**Task statement:** Please could you give again the lines from the one holding "pub mod calibration_rows;" through the final line of the data below, exactly, with no other lines?

**Data records:**
--
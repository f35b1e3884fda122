//! The rules of the three sheets, asked row by row.
//!
//! Stands for: lists of items that grow by one row of a sheet after the other, and the first rule that a row breaks, in the order of the
//! rules (`specs/Steps.antt`, `specs/Totals.antt`). Called by the check of sheets, and by the check of lists that were decoded.
#![tactic(auto)]

pub mod calibration_rows;
pub mod condition;
pub mod container_rows;
pub mod limits;
pub mod name_index;
pub mod numbers;
pub mod parameter_rows;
--
**Task response:**
pub mod calibration_rows;
pub mod condition;
pub mod container_rows;
pub mod limits;
pub mod name_index;
pub mod numbers;
pub mod parameter_rows;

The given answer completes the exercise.